## Extracted information
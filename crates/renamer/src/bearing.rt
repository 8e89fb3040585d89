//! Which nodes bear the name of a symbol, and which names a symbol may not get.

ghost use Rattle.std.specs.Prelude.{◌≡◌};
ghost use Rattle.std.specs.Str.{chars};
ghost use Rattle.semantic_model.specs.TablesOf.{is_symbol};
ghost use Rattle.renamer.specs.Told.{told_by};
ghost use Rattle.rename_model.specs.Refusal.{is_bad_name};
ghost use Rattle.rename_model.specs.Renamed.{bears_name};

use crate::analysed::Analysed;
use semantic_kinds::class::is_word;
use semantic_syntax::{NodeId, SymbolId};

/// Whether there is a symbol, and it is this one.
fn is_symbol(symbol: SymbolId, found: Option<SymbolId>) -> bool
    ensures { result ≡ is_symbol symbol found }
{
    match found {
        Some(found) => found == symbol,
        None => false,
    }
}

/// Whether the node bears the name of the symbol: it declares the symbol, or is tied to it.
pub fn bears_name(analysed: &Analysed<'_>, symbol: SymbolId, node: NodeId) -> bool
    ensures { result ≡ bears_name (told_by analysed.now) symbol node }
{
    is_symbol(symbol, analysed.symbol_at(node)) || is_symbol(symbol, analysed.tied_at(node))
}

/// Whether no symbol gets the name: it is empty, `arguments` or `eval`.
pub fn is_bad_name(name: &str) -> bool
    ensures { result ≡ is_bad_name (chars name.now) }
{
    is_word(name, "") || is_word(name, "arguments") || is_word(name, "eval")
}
---
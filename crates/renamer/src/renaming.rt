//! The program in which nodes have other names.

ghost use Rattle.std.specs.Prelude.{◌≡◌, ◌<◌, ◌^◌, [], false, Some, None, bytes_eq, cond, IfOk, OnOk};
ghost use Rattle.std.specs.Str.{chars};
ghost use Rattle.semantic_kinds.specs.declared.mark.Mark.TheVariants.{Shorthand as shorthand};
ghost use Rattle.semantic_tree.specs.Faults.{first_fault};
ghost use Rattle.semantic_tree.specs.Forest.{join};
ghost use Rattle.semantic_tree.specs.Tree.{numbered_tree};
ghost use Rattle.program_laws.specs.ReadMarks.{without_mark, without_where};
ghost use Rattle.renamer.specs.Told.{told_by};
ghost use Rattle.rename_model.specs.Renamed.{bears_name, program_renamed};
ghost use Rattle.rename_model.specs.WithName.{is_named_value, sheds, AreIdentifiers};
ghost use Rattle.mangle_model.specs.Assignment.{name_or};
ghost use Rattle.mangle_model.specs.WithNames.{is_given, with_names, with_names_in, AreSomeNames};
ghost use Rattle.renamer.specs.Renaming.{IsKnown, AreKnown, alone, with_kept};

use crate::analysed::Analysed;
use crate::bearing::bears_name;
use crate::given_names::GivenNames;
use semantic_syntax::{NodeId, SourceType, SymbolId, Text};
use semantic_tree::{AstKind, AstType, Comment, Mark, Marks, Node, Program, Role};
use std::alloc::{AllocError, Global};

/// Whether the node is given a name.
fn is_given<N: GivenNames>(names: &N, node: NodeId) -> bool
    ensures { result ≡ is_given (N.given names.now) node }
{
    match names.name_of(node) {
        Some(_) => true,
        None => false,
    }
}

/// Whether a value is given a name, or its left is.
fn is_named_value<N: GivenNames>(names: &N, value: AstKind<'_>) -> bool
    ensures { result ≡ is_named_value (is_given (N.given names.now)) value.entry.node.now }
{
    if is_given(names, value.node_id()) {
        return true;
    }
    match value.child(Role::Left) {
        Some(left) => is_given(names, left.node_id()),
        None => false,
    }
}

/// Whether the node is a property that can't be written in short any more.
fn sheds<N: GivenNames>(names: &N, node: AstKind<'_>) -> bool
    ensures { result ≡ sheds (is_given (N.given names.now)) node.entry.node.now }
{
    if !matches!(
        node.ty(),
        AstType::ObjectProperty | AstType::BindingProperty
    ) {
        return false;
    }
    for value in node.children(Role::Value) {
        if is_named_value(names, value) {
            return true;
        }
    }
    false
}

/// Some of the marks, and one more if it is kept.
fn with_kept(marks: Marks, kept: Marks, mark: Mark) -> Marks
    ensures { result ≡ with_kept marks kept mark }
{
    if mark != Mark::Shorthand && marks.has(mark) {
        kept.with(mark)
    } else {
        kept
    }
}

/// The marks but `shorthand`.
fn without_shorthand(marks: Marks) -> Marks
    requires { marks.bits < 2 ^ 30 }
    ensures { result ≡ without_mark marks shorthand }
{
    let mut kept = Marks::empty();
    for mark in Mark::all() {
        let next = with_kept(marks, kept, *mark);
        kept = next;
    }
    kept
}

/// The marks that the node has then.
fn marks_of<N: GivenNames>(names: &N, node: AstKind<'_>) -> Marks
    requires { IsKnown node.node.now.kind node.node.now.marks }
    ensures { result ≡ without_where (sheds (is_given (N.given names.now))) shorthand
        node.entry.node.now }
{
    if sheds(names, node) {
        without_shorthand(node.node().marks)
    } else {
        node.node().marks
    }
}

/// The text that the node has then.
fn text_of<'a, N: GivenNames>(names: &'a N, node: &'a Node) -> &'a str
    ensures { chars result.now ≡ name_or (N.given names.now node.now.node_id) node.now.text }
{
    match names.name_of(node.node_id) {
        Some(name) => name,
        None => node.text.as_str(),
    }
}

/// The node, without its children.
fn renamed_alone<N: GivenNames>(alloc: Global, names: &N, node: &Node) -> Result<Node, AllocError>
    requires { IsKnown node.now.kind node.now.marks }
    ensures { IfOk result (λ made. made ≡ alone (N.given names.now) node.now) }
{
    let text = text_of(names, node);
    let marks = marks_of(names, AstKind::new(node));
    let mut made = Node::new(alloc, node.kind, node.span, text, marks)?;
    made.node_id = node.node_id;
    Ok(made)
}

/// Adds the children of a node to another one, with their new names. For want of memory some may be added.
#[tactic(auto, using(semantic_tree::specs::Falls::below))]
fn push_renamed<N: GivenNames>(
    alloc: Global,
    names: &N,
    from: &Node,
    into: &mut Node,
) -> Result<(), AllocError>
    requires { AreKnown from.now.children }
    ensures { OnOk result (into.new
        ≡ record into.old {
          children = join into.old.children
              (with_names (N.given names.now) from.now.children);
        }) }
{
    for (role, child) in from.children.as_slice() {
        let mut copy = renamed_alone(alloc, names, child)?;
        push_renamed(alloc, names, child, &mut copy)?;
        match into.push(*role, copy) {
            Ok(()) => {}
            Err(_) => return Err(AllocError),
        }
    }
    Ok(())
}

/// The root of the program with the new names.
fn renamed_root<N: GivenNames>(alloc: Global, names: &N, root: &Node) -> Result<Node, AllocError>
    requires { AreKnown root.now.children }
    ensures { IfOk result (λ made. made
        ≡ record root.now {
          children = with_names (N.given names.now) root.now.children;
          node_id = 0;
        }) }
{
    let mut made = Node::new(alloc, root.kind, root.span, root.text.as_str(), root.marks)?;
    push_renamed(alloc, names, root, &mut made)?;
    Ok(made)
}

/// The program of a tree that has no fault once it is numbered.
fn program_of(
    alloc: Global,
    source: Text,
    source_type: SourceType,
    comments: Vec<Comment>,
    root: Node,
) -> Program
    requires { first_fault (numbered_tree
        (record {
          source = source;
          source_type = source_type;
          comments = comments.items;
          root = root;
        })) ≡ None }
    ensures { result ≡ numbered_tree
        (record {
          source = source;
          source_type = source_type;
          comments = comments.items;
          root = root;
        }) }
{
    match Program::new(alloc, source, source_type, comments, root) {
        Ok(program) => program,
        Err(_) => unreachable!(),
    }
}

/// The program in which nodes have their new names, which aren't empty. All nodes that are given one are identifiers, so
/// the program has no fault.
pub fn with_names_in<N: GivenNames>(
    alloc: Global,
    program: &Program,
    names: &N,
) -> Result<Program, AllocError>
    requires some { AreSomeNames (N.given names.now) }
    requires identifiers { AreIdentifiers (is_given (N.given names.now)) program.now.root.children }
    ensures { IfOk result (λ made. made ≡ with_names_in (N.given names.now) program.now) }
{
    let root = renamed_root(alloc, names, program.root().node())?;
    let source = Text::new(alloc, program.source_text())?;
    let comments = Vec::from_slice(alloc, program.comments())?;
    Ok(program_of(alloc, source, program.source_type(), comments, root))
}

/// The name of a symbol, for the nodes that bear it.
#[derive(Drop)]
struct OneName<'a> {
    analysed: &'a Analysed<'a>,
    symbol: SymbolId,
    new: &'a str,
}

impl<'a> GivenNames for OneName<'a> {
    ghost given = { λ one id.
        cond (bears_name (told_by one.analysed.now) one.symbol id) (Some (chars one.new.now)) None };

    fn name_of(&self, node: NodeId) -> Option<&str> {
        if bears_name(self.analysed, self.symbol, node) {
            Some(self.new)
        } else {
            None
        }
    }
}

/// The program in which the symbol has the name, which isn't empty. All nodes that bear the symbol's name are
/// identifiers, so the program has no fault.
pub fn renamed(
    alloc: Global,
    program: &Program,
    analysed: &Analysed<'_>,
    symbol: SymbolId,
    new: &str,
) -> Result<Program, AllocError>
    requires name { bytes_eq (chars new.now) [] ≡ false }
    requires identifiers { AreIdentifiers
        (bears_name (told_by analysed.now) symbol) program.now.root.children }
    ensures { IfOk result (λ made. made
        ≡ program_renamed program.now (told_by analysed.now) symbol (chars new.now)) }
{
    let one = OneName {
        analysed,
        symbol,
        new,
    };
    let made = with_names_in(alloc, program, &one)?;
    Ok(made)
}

## Task objective
Give the number of lines in the records that hold the word "OneName", with no other words.

## Answer space
3